Entries provided =>
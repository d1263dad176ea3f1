ghost use Rattle.std.specs.Prelude.{◌≡◌, [], length, slice_index_or};
ghost use Rattle.message.specs.Reading.{read};
ghost use Rattle.site.specs.Nodes.{receiver_of};
ghost use Rattle.site.specs.Worlds.{world_of};

use crate::event::Node;
use crate::site::Site;

impl Site {
    /// How many messages were ever sent.
    pub fn sent(&self) -> usize
        ensures { result ≡ length (world_of self.now).sent }
    {
        self.network.len()
    }

    /// The bytes of a message, counted from 0; none of one that was never sent.
    pub fn message(&self, message: usize) -> &[u8]
        ensures { result.now ≡ slice_index_or (world_of self.now).sent message [] }
    {
        self.network.bytes(message)
    }

    /// Where a message is meant to arrive; nowhere where it was never sent.
    pub fn receiver(&self, message: usize) -> Option<Node>
        ensures { result ≡ receiver_of (read (slice_index_or (world_of self.now).sent message [])) }
    {
        self.network.receiver(message)
    }
}
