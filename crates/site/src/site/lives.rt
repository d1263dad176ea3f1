ghost use Rattle.std.specs.Prelude.{◌≡◌, IfOk};
ghost use Rattle.site.specs.Worlds.{node_of, world_of, Plays};
ghost use Rattle.world.specs.World.{stop, up, is_up};

use crate::event::Node;
use crate::fault::Fault;
use crate::seen::{Answer, Seen};
use crate::site::Site;
use message::refusal::Refusal;

impl Site {
    // Whether somebody is up.
    fn is_up(&self, node: Node) -> bool
        ensures { result ≡ is_up (node_of node) (world_of self.now) }
    {
        match node {
            Node::Keeper => self.keeper.is_up(),
            Node::Borrower(who) => self.borrowers.is_up(who),
        }
    }

    /// Somebody stops; who is down already is refused by 1.
    pub(crate) fn stop(&mut self, node: Node) -> Seen
        ensures { Plays self.old self.new (stop (node_of node)) result }
    {
        if !self.is_up(node) {
            return Seen::only(Answer::Given(Err(Refusal::Malformed)));
        }
        match node {
            Node::Keeper => self.keeper.stop(),
            Node::Borrower(who) => self.borrowers.stop(who),
        }
        Seen::only(Answer::Given(Ok(())))
    }

    /// Somebody comes up from its journal; who is up already is refused by 1, and a keeper whose grace period would pass 64 bits by 9.
    pub(crate) fn come_up(&mut self, node: Node) -> Result<Seen, Fault>
        ensures { IfOk result (λ s. Plays self.old self.new (up (node_of node)) s) }
    {
        if self.is_up(node) {
            return Ok(Seen::only(Answer::Given(Err(Refusal::Malformed))));
        }
        let answer = match node {
            Node::Keeper => self.keeper.come_up(self.heap, self.clocks.keeper())?,
            Node::Borrower(who) => {
                self.borrowers.come_up(self.heap, who)?;
                Ok(())
            }
        };
        Ok(Seen::only(Answer::Given(answer)))
    }
}
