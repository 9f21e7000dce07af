ghost use Rattle.std.specs.Prelude.{◌≤◌, length, option_copied, IfOk, IfErr};
ghost use Rattle.c_lexer.specs.Tokens.{Lexes};
ghost use Rattle.c_parser.specs.Answers.{IsUnitWithin};
ghost use Rattle.c_front.specs.Layers.{StopsLexing, StopsParsing, StopsTyping, IsTyping};

use answers::{CompileRefusal, RunAnswer, Which};
use c_lexer::{LexRefusal, Token, tokens};
use c_parser::{ParseRefusal, parse};
use c_tree::Unit;
use c_typed::TypedProgram;
use c_typing::check;
use std::alloc::Global;
use typing_rules::TypeRefusal;

/// The tokens of a file (C11 6.4).
pub(crate) fn lex(alloc: Global, which: Which, src: &[u8]) -> Result<Vec<Token>, RunAnswer>
    requires { length src.now ≤ 1048576 }
    ensures ok { IfOk result (λ found. Lexes src.now found.items) }
    ensures err { IfErr result (StopsLexing which src.now) }
{
    match tokens(alloc, src) {
        Ok(found) => Ok(found),
        Err(LexRefusal::Memory) => Err(RunAnswer::OutOfMemory),
        Err(cause) => Err(RunAnswer::Refused(CompileRefusal::Lex(which, cause))),
    }
}

/// The tree of a file (C11 6.9).
pub(crate) fn parse_file(
    alloc: Global,
    which: Which,
    tokens: &[Token],
    src: &[u8],
) -> Result<Unit, RunAnswer>
    requires lexed { Lexes src.now tokens.now }
    requires size { length src.now ≤ 1048576 }
    ensures ok { IfOk result (IsUnitWithin tokens.now src.now) }
    ensures err { IfErr result (StopsParsing which tokens.now src.now) }
{
    match parse(alloc, tokens, src) {
        Ok(unit) => Ok(unit),
        Err(ParseRefusal::Memory) => Err(RunAnswer::OutOfMemory),
        Err(cause) => Err(RunAnswer::Refused(CompileRefusal::Parse(which, cause))),
    }
}

/// The typed program of one or two trees.
pub(crate) fn type_files(
    alloc: Global,
    main: &Unit,
    binary: Option<&Unit>,
) -> Result<TypedProgram, RunAnswer>
    ensures ok { IfOk result (IsTyping main.now (option_copied binary.entry)) }
    ensures err { IfErr result (StopsTyping main.now (option_copied binary.entry)) }
{
    match check(alloc, main, binary) {
        Ok(program) => Ok(program),
        Err(TypeRefusal::Memory) => Err(RunAnswer::OutOfMemory),
        Err(cause) => Err(RunAnswer::Refused(CompileRefusal::Typing(cause))),
    }
}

About this exercise => Each line above that includes the word "binary" is to be copied.

Task answer =>
    binary: Option<&Unit>,
    ensures ok { IfOk result (IsTyping main.now (option_copied binary.entry)) }
    ensures err { IfErr result (StopsTyping main.now (option_copied binary.entry)) }
    match check(alloc, main, binary) {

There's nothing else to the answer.